WHAT TO WORK ON ->
Below are records. Find each line in them that holds the word "sets" and copy it.
========================================================================
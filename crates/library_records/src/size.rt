// Sizes of a lent table as the words that are handed out.
ghost use Rattle.std.specs.Prelude.{◌≡◌, get_or};
ghost use Rattle.sizing.specs.Words.{sizing_of};
ghost use Rattle.library_numbers.specs.Records.{size_word};

use coordinates::word_at;
use sizing::Sizing;
use sizing::definite::LARGEST_LENGTH;
use sizing::range::word_in_range;

// The word of the size that a word gives: one in range is its own.
fn kept_word(word: u64) -> u64
    ensures { result ≡ size_word (sizing_of word) }
{
    if word <= LARGEST_LENGTH {
        return word;
    }
    if word_in_range(word) {
        return word;
    }
    u64::from(Sizing::from(word))
}

// The word of the size at a place of a table.
pub(crate) fn size_at(table: &[u64], place: u64) -> u64
    ensures { result ≡ size_word (sizing_of (get_or table.now place 0)) }
{
    kept_word(word_at(table, place as usize))
}
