// A run of tracks that repeat, written by one loop.
ghost use Rattle.std.specs.Prelude.{◌≡◌, ◌+◌, ◌*◌, ◌%◌, ◌≤◌, ◌<◌, length};
ghost use Rattle.std.proofs.lemmas.List.Edits.{sets};
ghost use Rattle.library_records.specs.Pairs.{joined, part_pair};

use crate::{PlacedTrack, SizedTracks, Stretch};
use track_record::Repeated;

// The place of an offset among so many that repeat, most often the offset itself.
fn inner_of(offset: u64, length: u64) -> u64
    requires { 0 < length }
    ensures { result ≡ offset % length }
{
    if offset < length {
        offset
    } else {
        offset % length
    }
}

// The place after one, among so many that repeat.
fn next_of(inner: u64, length: u64) -> u64
    requires { inner < length }
    ensures { result ≡ (inner + 1) % length }
{
    if inner + 1 == length { 0 } else { inner + 1 }
}

impl SizedTracks<'_> {
    // Writes a stretch of tracks with the gutters after them: the sizes of tracks that repeat, from `offset` on.
    pub(crate) fn write_part(self, part: Repeated, offset: u64, tracks: Stretch, words: &mut [u64])
        requires length_nonzero { 0 < tracks.count → 0 < part.length }
        requires length_bound { part.first + part.length < 18446744073709551616 }
        requires count_in_bounds { tracks.place + 6 * tracks.count ≤ length words.old }
        ensures { words.new ≡ sets words.old tracks.place (joined (part_pair self.entry.sizes.minimums.now self.entry.sizes.maximums.now self.entry.items.now part offset tracks.first self.entry.gutters) tracks.first tracks.count) }
    {
        if tracks.count == 0 {
            return;
        }
        let mut inner = inner_of(offset, part.length);
        for done in 0..tracks.count {
            let track = PlacedTrack {
                number: (tracks.first + done) as u64,
                size: part.first + inner,
                source: part.source,
                fit: part.fit,
            };
            self.put_pair(track, words, tracks.place + 6 * done);
            inner = next_of(inner, part.length);
        }
    }
}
========================================================================
SOLUTION FOR THIS EXERCISE ->
ghost use Rattle.std.proofs.lemmas.List.Edits.{sets};
        ensures { words.new ≡ sets words.old tracks.place (joined (part_pair self.entry.sizes.minimums.now self.entry.sizes.maximums.now self.entry.items.now part offset tracks.first self.entry.gutters) tracks.first tracks.count) }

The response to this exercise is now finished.